Who am I? How well do I know myself? These are questions I rarely consider but probably should. Hmm…
hanging with friends
The other day, I was out and about visiting friends. One of these people is (fairly) newly single. He recently decided to take a year off from dating. He was married for many years and really doesn’t know what it is to be alone. Scary thought.
My other friend said we tend to get relationships backwards. How so? After growing up in a family setting, people tend to be in a rush to get in a relationship and start the cycle anew.
The problem is that we are more focused on the developing relationship than on ourselves as individuals. Eventually realizing that a relationship cannot flourish without each partner having a sense and love of self, the relationship dissolves.

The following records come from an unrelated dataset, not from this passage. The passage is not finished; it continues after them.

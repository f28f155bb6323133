//! A caller of a chain over a subscription: Kotlin's `news.filter { it % 2 == 0 }.map { it / 2 }.take(5).toList()`.

ghost use Rattle.std.specs.Prelude.{◌≡◌, ◌==◌, ◌/◌, ◌%◌, ◌^◌, OnOk};
ghost use Rattle.source_callers.specs.Halves.{TookFiveHalves};

use cold_flow::Apply;
use flow_terms::{Refusal, Word};
use hot_sources::{Parker, filter, map, receiving, take_of};
use shared_flow::Subscription;
use std::sync::Wait;

/// Whether a number is even.
#[derive(Clone, Copy)]
pub struct Even;

impl Apply<u64> for Even {
    type Out = bool;

    ghost gives = { λ _ n. n % 2 == 0 };

    fn apply(&self, argument: u64) -> bool {
        argument % 2 == 0
    }
}

/// Half of a number.
#[derive(Clone, Copy)]
pub struct Half;

impl Apply<u64> for Half {
    type Out = u64;

    ghost gives = { λ _ n. n / 2 };

    fn apply(&self, argument: u64) -> u64 {
        argument / 2
    }
}

/// Adds the halves of the next five even numbers that `news` receives to `out`, for which the thread sleeps: of what it received
/// meanwhile just those, in order. `news` goes on afterwards, with the value behind the last of them.
///
/// Refused as `NoMemory`.
pub fn five_halves<W: Wait>(
    rt: &W,
    parker: &mut Parker,
    news: &mut Subscription<u64>,
    out: &mut Vec<u64>,
) -> Result<(), Refusal>
    ensures { OnOk result (TookFiveHalves ⟦<u64 as Word>⟧.read_as news.old out.old.items out.new.items news.new) }
{
    let mut chain = map(filter(receiving::<(), _, _>(news, rt), Even), Half);
    match take_of(rt, parker, &mut chain, 5, out)? {
        None => Ok(()),
        // A subscription never ends of itself.
        Some(_cause) => unreachable!(),
    }
}
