//! A shared flow at its limits: the most places, subscribers and emissions in flight that a config may ask for, a long list of
//! calls, and the callers that have the headline. Each value is the number of its emission.

use crate::core_rows::{Exchange, is_replied, is_run};
use crate::tools::assert_same;
use cold_flow::{Policy, Refusal};
use list_callers::{offer_and_take, run_new_flow};
use shared_core::{
    Begun, Call, Config, Emit, Next, Reply, SharedState, SubId, Ticket, Tried, Withdrawn,
};
use std::alloc::{AllocError, Global};
use std::test::Fail;

const PLACES: u64 = 65_536;

const SEATS: u64 = 1_024;

/// The replay cache is one shorter than the places.
const MOST: Config = Config {
    replay: PLACES - 1,
    extra: 1,
    policy: Policy::Suspend,
    subscribers: SEATS as u32,
    emits: SEATS as u32,
    first: 0,
};

/// A flow with one place for one subscription.
const ONE_PLACE: Config = Config {
    replay: 0,
    extra: 1,
    policy: Policy::Suspend,
    subscribers: 1,
    emits: 1,
    first: 0,
};

/// A call, which is made many times, with the numbers from 0 on.
enum Many {
    Subscribe,
    Try,
    Start,
    Next,
    Cancel,
}

impl Many {
    /// The call with this number, and its reply.
    fn exchange(&self, number: u64) -> Exchange {
        match self {
            Many::Subscribe => (Call::Subscribe, Reply::Sub(Ok(SubId(number)))),
            Many::Try => (
                Call::Try(0, number),
                Reply::Tried(Ok(Tried::Accepted(number))),
            ),
            Many::Start => (
                Call::Start(0, PLACES.saturating_add(number)),
                Reply::Begun(Ok(Begun::Waiting(Ticket(number)))),
            ),
            Many::Next => (Call::Next(SubId(number)), Reply::Next(Next::Value(0))),
            Many::Cancel => (Call::Cancel(SubId(number)), Reply::Cancelled(true)),
        }
    }
}

/// What is done with a flow, and what has to come of it.
enum Line {
    Each(Many, u64),
    Once(Exchange),
    /// How many values are pending for a subscription.
    Pending(SubId, u64),
    /// The first and the last value of the replay cache, which is as long as it may be.
    Cache(u64, u64),
}

const LINES: &[Line] = &[
    // All seats are taken and all places of each, and as many emissions wait as may.
    Line::Each(Many::Subscribe, SEATS),
    Line::Once((Call::Subscribe, Reply::Sub(Err(Refusal::SubscribersFull)))),
    Line::Each(Many::Try, PLACES),
    Line::Once((Call::Try(0, PLACES), Reply::Tried(Ok(Tried::Full)))),
    Line::Each(Many::Start, SEATS),
    Line::Once((
        Call::Start(0, PLACES),
        Reply::Begun(Err(Refusal::EmitsFull)),
    )),
    Line::Once((Call::Count, Reply::Count(SEATS as u32))),
    Line::Pending(SubId(SEATS - 1), PLACES),
    Line::Cache(1, PLACES - 1),
    // Room comes with the last receipt, and the oldest emission that waits takes it.
    Line::Each(Many::Next, SEATS),
    Line::Once((Call::Poll(Ticket(0)), Reply::Emit(Emit::Done(PLACES)))),
    Line::Once((Call::Poll(Ticket(1)), Reply::Emit(Emit::Waiting))),
    Line::Cache(2, PLACES),
    // Once nobody is live, all that wait are accepted.
    Line::Each(Many::Cancel, SEATS),
    Line::Once((
        Call::Poll(Ticket(SEATS - 1)),
        Reply::Emit(Emit::Done(PLACES + SEATS - 1)),
    )),
    Line::Once((
        Call::Withdraw(Ticket(1)),
        Reply::Withdrawn(Withdrawn::Left(PLACES + 1)),
    )),
    Line::Once((Call::Subscribe, Reply::Sub(Ok(SubId(SEATS))))),
    Line::Pending(SubId(SEATS), PLACES - 1),
    Line::Once((
        Call::Next(SubId(SEATS)),
        Reply::Next(Next::Value(SEATS + 1)),
    )),
];

/// Whether so many calls are replied to as they should be.
fn are_replied(flow: &mut SharedState<u64>, many: &Many, count: u64) -> bool {
    for number in 0..count {
        if !is_replied(flow, &many.exchange(number)) {
            return false;
        }
    }
    true
}

/// Whether the replay cache is as long as it may be, from this value to that.
fn caches(flow: &SharedState<u64>, first: u64, last: u64) -> bool {
    if flow.replay_len() != PLACES - 1 {
        return false;
    }
    flow.replay_at(0) == first && flow.replay_at(PLACES - 2) == last
}

fn is_so(flow: &mut SharedState<u64>, line: &Line) -> bool {
    match line {
        Line::Each(many, count) => are_replied(flow, many, *count),
        Line::Once(exchange) => is_replied(flow, exchange),
        Line::Pending(id, count) => flow.pending(*id) == *count,
        Line::Cache(first, last) => caches(flow, *first, *last),
    }
}

/// The number of the first line that was answered otherwise, or of all lines where none was.
fn answered(flow: &mut SharedState<u64>, lines: &[Line]) -> usize {
    for (number, line) in lines.iter().enumerate() {
        if !is_so(flow, line) {
            return number;
        }
    }
    lines.len()
}

#[test]
fn limits_are_reached(rt: HostRuntime) -> Result<(), Fail> {
    let mut flow = SharedState::new(rt.alloc(), MOST)?;
    let count = answered(&mut flow, LINES);
    assert_same(&rt, "lines answered", count, LINES.len());
    Ok(())
}

/// A subscription, and then a thousand values, each of which it receives.
fn long_list(alloc: Global) -> Result<Vec<Exchange>, AllocError> {
    let mut exchanges = Vec::new(alloc);
    exchanges.push((Call::Subscribe, Reply::Sub(Ok(SubId(0)))))?;
    for number in 0..1_000u64 {
        exchanges.push(Many::Try.exchange(number))?;
        exchanges.push((Call::Next(SubId(0)), Reply::Next(Next::Value(number))))?;
    }
    Ok(exchanges)
}

#[test]
fn long_lists_are_run(rt: HostRuntime) -> Result<(), Fail> {
    let exchanges = long_list(rt.alloc())?;
    assert_same(&rt, "calls", exchanges.len(), 2_001);
    let is_run = is_run(rt.alloc(), ONE_PLACE, &exchanges)?;
    assert_same(&rt, "are replied to", is_run, true);
    Ok(())
}

/// Whether a flow with too many places is refused, and how many replies there are then.
fn replies_of_too_large(alloc: Global) -> (bool, usize) {
    const OVER: Config = Config {
        replay: PLACES,
        ..ONE_PLACE
    };
    let mut replies = Vec::<Reply<u64>>::new(alloc);
    let ran = run_new_flow(alloc, OVER, &[Call::Subscribe, Call::Count], &mut replies);
    (matches!(ran, Err(Refusal::TooLarge)), replies.len())
}

#[test]
fn refusals_leave_no_replies(rt: HostRuntime) {
    let refused = replies_of_too_large(rt.alloc());
    assert_same(&rt, "refused, and replies", refused, (true, 0));
}

/// Whether these values are taken of those that were offered, and how many are left.
fn taken(alloc: Global, offered: &[u64], values: &[u64]) -> Result<(bool, u64), Refusal> {
    let it = offer_and_take(alloc, ONE_PLACE, offered)?;
    let pending = it.flow.pending(it.subscription);
    Ok((it.values.as_slice() == values, pending))
}

// Every second value finds the one place taken: one is received then, and that value is passed over.
#[test]
fn offers_are_taken(rt: HostRuntime) -> Result<(), Fail> {
    let taken = taken(rt.alloc(), &[1, 2, 3, 4, 5], &[1, 3])?;
    assert_same(&rt, "taken, and pending", taken, (true, 1));
    Ok(())
}
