//! A reader takes several values at once.
ghost use Rattle.std.specs.Prelude.{◌≡◌, ◌-◌, ℕ, List, ◌++◌, length, map, min, vec_capacity, ◌+◌, ◌≤◌, [], vec_len, true};
ghost use Rattle.shared_lane.specs.Readers.{IsReaderOf, IsSameReader};
ghost use Rattle.shared_lane.specs.Picks.{TookAllInto, with_picked};
ghost use Rattle.shared_lane.specs.Layout.{cell_index};
ghost use Rattle.shared_lane.specs.Seats.{IsSeatOf, IsSameSeat};
ghost use Rattle.shared_lane.specs.Steps.{position, next_number};

use super::{Reader, Taken};
use crate::lane::Lane;
use crate::rule::LaneSeat;
use crate::words::Words;
use flow_terms::Word;
use std::alloc::Allocator;

impl Reader {
    /// Takes all values that are there, as many as `out` has room for, and appends them, each read from its word: a load of its
    /// cursor and of the tail, a load of each word, and one exchange for all of them. It takes no memory.
    ///
    /// `Value` says how many: none, where `out` has no room. `Nothing` and `Overtaken` as [`try_next`](Reader::try_next) answers
    /// them; then nothing was received, and `out` is as it was.
    pub fn try_next_all<T: Word, A: Allocator, B: Allocator>(
        &mut self,
        lane: &Lane<A>,
        out: &mut Vec<T, B>,
    ) -> Taken<u64>
        requires { IsReaderOf lane.now self.old }
        ensures has { TookAllInto T.read_as out.old out.new self.old result self.new }
        ensures same { IsReaderOf lane.now self.new × IsSameReader self.old self.new }
        ensures capacity { vec_capacity out.new ≡ vec_capacity out.old }
    {
        let words = lane.words();
        let at = words.load_own(&mut self.seat, self.place);
        let cell = words.index_from(self.at, self.cell, at);
        self.at = at;
        self.cell = cell;
        let tail = words.load_tail(&mut self.seat);
        if tail == at {
            return Taken::Nothing;
        }
        let before = out.len();
        let count = (tail - at).min((out.capacity() - before) as u64);
        let next = pick_words(words, &mut self.seat, cell, count, out);
        let found = words.receive_picked(&mut self.seat, self.place, at, count);
        if found != at {
            out.truncate(before);
            self.at = found;
            self.cell = words.index_of(found);
            return Taken::Overtaken;
        }
        self.at = at + count;
        self.cell = next;
        self.taken += count;
        Taken::Value(count)
    }
}

/// Loads the cells of so many numbers from the reader's position on, which begin at the index `cell`, appends the values of
/// their words to `out`, which has room for them, and returns the index of the cell after them.
pub(crate) fn pick_words<T: Word, A: Allocator, B: Allocator>(
    words: &Words<A>,
    seat: &mut LaneSeat,
    cell: usize,
    count: u64,
    out: &mut Vec<T, B>,
) -> usize
    requires seat { IsSeatOf words.now seat.old × (seat.old.me.0.reading.active ≡ true) × (seat.old.me.0.reading.picked ≡ []) }
    requires cell { cell ≡ cell_index words.now.shape (position seat.old.me.0.reading) }
    requires there { position seat.old.me.0.reading + count ≤ next_number seat.old.me.0 }
    requires room { length out.old.items + count ≤ vec_capacity out.old }
    ensures seat { IsSameSeat seat.old seat.new }
    ensures picked { (xs : List ℕ) × (length xs ≡ count) × (out.new.items ≡ out.old.items ++ map T.read_as xs) × (seat.new.me.0 ≡ with_picked words.now.shape xs seat.old.me.0) }
    ensures cell { result ≡ cell_index words.now.shape (position seat.old.me.0.reading + count) }
    ensures capacity { vec_capacity out.new ≡ vec_capacity out.old }
{
    let mut next = cell;
    for _picked in 0..count {
        let word = words.load_next_cell(seat, next);
        out.push_reserved(T::from_word(word));
        next = words.next_index(next);
    }
    next
}
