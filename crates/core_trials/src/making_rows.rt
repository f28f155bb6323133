//! Refusals at making: which one comes first, want of memory last; and what is made, and replied, in heaps that are too small.

use crate::tools::assert_none;
use linked_list_allocator::LocalHeap;
use shared_core::{Call, Config, Policy, Refusal, SharedState};
use shared_lane::Lane;
use state_flow::StateFlow;
use std::alloc::Global;
use std::test::Fail;
use trial_tools::Differences;

const PLAIN: Config = Config {
    replay: 0,
    extra: 1,
    policy: Policy::Suspend,
    subscribers: 1,
    emits: 1,
    first: 0,
};

/// A config that is refused for more than one reason, and the number of the refusal.
struct Row<'a> {
    name: &'a str,
    config: Config,
    refusal: u8,
}

const ROWS: &[Row<'_>] = &[
    Row {
        name: "places come before limits",
        config: Config {
            replay: 65_537,
            subscribers: 0,
            ..PLAIN
        },
        refusal: 1,
    },
    Row {
        name: "the policy comes before limits",
        config: Config {
            extra: 0,
            policy: Policy::DropOldest,
            emits: 1_025,
            ..PLAIN
        },
        refusal: 2,
    },
    Row {
        name: "limits come before memory",
        config: Config {
            first: (1 << 62) + 1,
            ..PLAIN
        },
        refusal: 3,
    },
];

/// The number of the refusal of a flow on one thread, 0 where it is made.
fn flow_refusal(alloc: Global, config: Config) -> u8 {
    match SharedState::<u64>::new(alloc, config) {
        Ok(_) => 0,
        Err(refusal) => refusal.number(),
    }
}

/// The same of a lane in this heap.
fn lane_refusal(heap: &LocalHeap, config: Config) -> u8 {
    match Lane::new(heap, config) {
        Ok(_) => 0,
        Err(refusal) => refusal.number(),
    }
}

/// The same of a state with so many seats.
fn state_refusal(heap: &LocalHeap, seats: u32) -> u8 {
    match StateFlow::new(heap, 0u64, seats) {
        Ok(_) => 0,
        Err(refusal) => refusal.number(),
    }
}

// Compares what flows answer, and lanes and states in this heap, in which there is room for nothing.
fn compare_refusals(
    differences: &mut Differences,
    alloc: Global,
    heap: &LocalHeap,
) -> Result<(), Fail> {
    for row in ROWS {
        differences.compare(row.name, flow_refusal(alloc, row.config), row.refusal)?;
        differences.compare(row.name, lane_refusal(heap, row.config), row.refusal)?;
    }
    differences.compare("a lane without memory", lane_refusal(heap, PLAIN), 4)?;
    for (seats, refusal) in [(0, 3), (1_025, 3), (1, 4)] {
        differences.compare("a state", state_refusal(heap, seats), refusal)?;
    }
    Ok(())
}

#[test]
fn refusals_at_making_come_in_order(rt: HostRuntime) -> Result<(), Fail> {
    let heap = LocalHeap::new(rt.alloc(), 16)?;
    let mut differences = Differences::none(rt.alloc());
    compare_refusals(&mut differences, rt.alloc(), &heap)?;
    assert_none(&rt, &differences);
    Ok(())
}

/// What takes its memory from a heap of a test's own.
enum Made {
    Lane,
    State,
    Replies,
}

const EACH: &[Made] = &[Made::Lane, Made::State, Made::Replies];

// Makes a state, and takes a seat of it.
fn seated_in(heap: &LocalHeap) -> Result<(), Refusal> {
    let mut seat = StateFlow::new(heap, 0u64, 2)?;
    let _second = seat.take_seat(0)?;
    Ok(())
}

// Runs two calls, of which none is made where there is no room for their replies.
fn replied_in(heap: &LocalHeap, flow: &mut SharedState<u64>) -> Result<(), Refusal> {
    let mut replies = Vec::new(heap);
    flow.run(&[Call::Subscribe, Call::Count], &mut replies)
}

/// The number of a refusal, 0 where there is none.
fn number_of(ended: Result<(), Refusal>) -> u8 {
    match ended {
        Ok(()) => 0,
        Err(refusal) => refusal.number(),
    }
}

fn refusal_in(heap: &LocalHeap, flow: &mut SharedState<u64>, made: &Made) -> u8 {
    match made {
        Made::Lane => lane_refusal(heap, PLAIN),
        Made::State => number_of(seated_in(heap)),
        Made::Replies => number_of(replied_in(heap, flow)),
    }
}

/// The same in a heap with so many blocks, and how much of it is used after the call.
fn refusal_within(
    alloc: Global,
    blocks: usize,
    flow: &mut SharedState<u64>,
    made: &Made,
) -> Result<(u8, usize), Fail> {
    let heap = LocalHeap::new(alloc, 16 * blocks.min(64))?;
    let refusal = refusal_in(&heap, flow, made);
    Ok((refusal, heap.used()))
}

// Each heap has one block more than the one before, so that each allocation, from the first to the last, is the refused one. Says
// whether each call before the last was refused for want of memory, and each left its heap, and a refused one the flow, as it was.
fn is_made_at_last(alloc: Global, flow: &mut SharedState<u64>, made: &Made) -> Result<bool, Fail> {
    for blocks in 1..64usize {
        if flow.subscription_count() != 0 {
            return Ok(false);
        }
        match refusal_within(alloc, blocks, flow, made)? {
            (0, 0) => return Ok(blocks > 1),
            (4, 0) => {}
            _ => return Ok(false),
        }
    }
    Ok(false)
}

// The same with a new flow.
fn is_made_for_new(alloc: Global, made: &Made) -> Result<bool, Fail> {
    let mut flow = SharedState::new(alloc, PLAIN)?;
    is_made_at_last(alloc, &mut flow, made)
}

#[test]
fn want_of_memory_is_answered(rt: HostRuntime) -> Result<(), Fail> {
    for made in EACH {
        assert!(rt; is_made_for_new(rt.alloc(), made)?);
    }
    Ok(())
}
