//! Callers of updates of a state.

ghost use Rattle.std.specs.Prelude.{◌≡◌, ◌+◌, ◌%◌, ◌^◌, ℕ, IfSome};
ghost use Rattle.state_updates.specs.Updating.{Updates};

use state_updates::{StateSeat, try_update, update_and_get};
use std::sync::Wait;

/// Counts one more: Kotlin's `count.updateAndGet { it + 1 }`, which wraps. It answers what it set, which is one more than what that one
/// step found.
pub fn count_one(rt: &impl Wait, seat: &mut StateSeat<u64>) -> u64
    ensures { (found : ℕ) × (result ≡ (found + 1) % 2 ^ 64) × Updates (λ x y. y ≡ (x + 1) % 2 ^ 64) seat.old.view found result seat.new.view }
{
    update_and_get(rt, seat, |count| count.wrapping_add(1))
}

/// Counts one more within four tries, and answers what it found.
pub fn count_within(seat: &mut StateSeat<u64>) -> Option<u64>
    ensures { IfSome result (λ found. Updates (λ x y. y ≡ (x + 1) % 2 ^ 64) seat.old.view found ((found + 1) % 2 ^ 64) seat.new.view) }
{
    let updated = try_update(seat, 4, |count| count.wrapping_add(1))?;
    Some(updated.found)
}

Crap! I haven’t been able to get this profound vision out of my head for the past 2 days now. It reminds me when Dorothy realizes she can go home from Oz anytime she chooses. Was the journey still valuable or a colossal waste of time?
Maybe the yellow brick road is more meaningful if you are OK with yourself. Rather than questioning every move and running from the threat of flying monkeys I would be more surefooted. Did I just say I?
spiritual journey revisited
Was my own spiritual journey just a rouse to learn and accept who i am? If I am OK in the present, I am not alone. I am enough. I am in control of my version of the present.
It’s when I stress about possible futures that I lose my sense of self. When taking the time to understand the present and accept it, anxiety, fear, worry, disconcertment and any other uncomfortable emotions disappear.They are no longer part of the equation.
what about the art?
I have been told that all artists are broken or tortured. Painting is my way (spiritual stuff happening here) to translate emotion into something tangible. When I am broken, my art signifies the pain.
As a story-teller, art is another platform in which to tell a tale. People ask if my paintings are all self-portraits. I never really thought about it, but upon reflection, pieces of me are always to be found.
get to know you
How comfortable are you in your own skin? Do you know yourself or do you hide (raised hand here) in the shadows of depression or anxiety? Share your thoughts and stories.